L’emploi de charbon lors de la pyrolyse aqueuse [5] du stéarate de phényle, à 330 °C, pendant 3 j, avec un rapport molaire charbon/charge égal à 16:1, permet d’obtenir environ 70% d’alcanes (l’alcane en C17 étant majoritaire), ainsi que du phénol et de l’acide octadécanoïque, qui provient de l’hydrolyse de l’ester. La présence de ces produits d’hydrolyse indique qu’ils sont des intermédiaires dans la synthèse des alcanes obtenus. En revanche, la même expérience, réalisée sans catalyseur, conduit essentiellement à du phénol et à de l’acide octadécanoïque ; on obtient seulement 3,4% d’alcane linéaire en C17.

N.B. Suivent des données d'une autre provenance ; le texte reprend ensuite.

ghost use Rattle.std.specs.Prelude.{IsTrue};
ghost use Rattle.cell_refs.specs.Words.{are_sheet_bounds};

use crate::table_part::TablePart;
use cell_refs::Dimensions;

/// A table, and the number of its sheet, counted from 0.
#[derive(Debug, Drop)]
pub struct LoadedTable {
    sheet: usize,
    part: TablePart,
    ghost inside: { IsTrue (are_sheet_bounds part.area) },
}

impl LoadedTable {
    ghost use Rattle.std.specs.Prelude.{◌≡◌, map, string_bytes, true};
    ghost use Rattle.cell_refs.specs.Words.{are_sheet_bounds};
    ghost use Rattle.xlsx_tables.specs.TableParts.{table_kept};
    ghost use Rattle.xlsx_tables.specs.Tables.{loaded_of};

    /// The table of this part, on the sheet of this number.
    pub fn new(sheet: usize, part: TablePart) -> LoadedTable
        requires { are_sheet_bounds part.area ≡ true }
        ensures { loaded_of result ≡ (sheet, table_kept part) }
    {
        LoadedTable { sheet, part }
    }

    /// The number of its sheet, counted from 0.
    pub fn sheet(&self) -> usize
        ensures { result ≡ (loaded_of self.now).0 }
    {
        self.sheet
    }

    /// Its name.
    pub fn name(&self) -> &str
        ensures { result.now ≡ (loaded_of self.now).1.name }
    {
        self.part.display_name.as_str()
    }

    /// The names of its columns, in order.
    pub fn columns(&self) -> &[String]
        ensures { map string_bytes result.now ≡ (loaded_of self.now).1.columns }
    {
        &self.part.columns
    }

    /// Its area with headers and totals, as `ref` names it, its rows and columns counted from 0.
    pub fn whole(&self) -> Dimensions
        ensures { result ≡ (loaded_of self.now).1.whole }
    {
        self.part.whole
    }

    /// How many rows of headers it has, whether its area has them or not.
    pub fn headers(&self) -> u32
        ensures { result ≡ (loaded_of self.now).1.headers }
    {
        self.part.headers
    }

    /// How many rows of totals it has, whether its area has them or not.
    pub fn totals(&self) -> u32
        ensures { result ≡ (loaded_of self.now).1.totals }
    {
        self.part.totals
    }

    /// The area of its data, without headers and totals, its rows and columns counted from 0. None
    /// where it has no cell.
    pub fn area(&self) -> Option<Dimensions>
        ensures area { result ≡ (loaded_of self.now).1.area }
        ensures inside { are_sheet_bounds result ≡ true }
    {
        self.part.area
    }
}
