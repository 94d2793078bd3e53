//! Tables: the areas of cells that have a name (ECMA-376 part 1, section 18.5).
//!
//! Rooms: `table_start` (what the start of a table says), `table_part` (a table's part), `loaded`
//! (a table that is kept), `tables` (those of a sheet), `laws`. A table is told by its own start,
//! so its part is read by its first element, and not by a section. Which parts are read for the
//! tables of a sheet, and what they say, is a look (`tables_look`). What is kept of a table has an
//! area that lies in a worksheet, which its type knows; the lemmas `AreasInside` say so of what a
//! text names, `TablesRead` which refusals are those of tables, and `TablesKept` that the tables of
//! each part are those of the sheet.
#![tactic(auto)]

mod laws;
mod loaded;
mod table_part;
mod table_start;
mod tables;

pub use laws::tables_have_no_cause_of_a_refusal;
pub use loaded::LoadedTable;
pub use table_part::{TablePart, read_table_at, read_table_part};
pub use tables::read_sheet_tables;
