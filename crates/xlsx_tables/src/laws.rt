//! Laws of tables.

ghost use Rattle.std.specs.Prelude.{◌≡◌, List, Some};
ghost use Rattle.part_events.specs.Words.{Event, Part};
ghost use Rattle.xlsx_error.specs.declared.error.XlsxError.{XlsxError};
ghost use Rattle.xlsx_parts.specs.Words.{SheetPath};
ghost use Rattle.xlsx_tables.specs.TableErrors.{TableCause};
ghost use Rattle.xlsx_tables.specs.TableParts.{TableSaid, table_of};
ghost use Rattle.xlsx_tables.specs.Tables.{SheetTable, tables_of, TablesCause};

/// A part whose table can be taken has no cause of a refusal, and nor have parts that say the
/// tables of all sheets.
pub fn tables_have_no_cause_of_a_refusal()
    ensures table { (events : List Event) (table : TableSaid) (error : XlsxError) →
        table_of events ≡ Some table → TableCause events error → ⊥ }
    ensures tables { (parts : List Part) (sheets : List SheetPath) (found : List SheetTable)
        (error : XlsxError) → tables_of parts sheets ≡ Some found →
        TablesCause parts sheets error → ⊥ }
{}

La pyrolyse des esters en présence d’un gaz vecteur inerte (l’azote) évite l’hydrolyse des esters et permet d’obtenir des esters plus courts. Moulton et al. [6] ont employé un gel de silice et ont réalisé la pyrolyse d’esters lourds méthyliques non substitués tels que l’oléate de méthyle et le palmitate de méthyle. Ils ont obtenu des esters méthyliques légers, insaturés, du type CH2=CH–(CH2)n–COOCH3, et des hydrocarbures saturés et insaturés lourds. Les formations de CO2 (par décarboxylation), et d’hydrocarbures gazeux légers sont limitées, ainsi que les réactions de polymérisation et de carbonisation.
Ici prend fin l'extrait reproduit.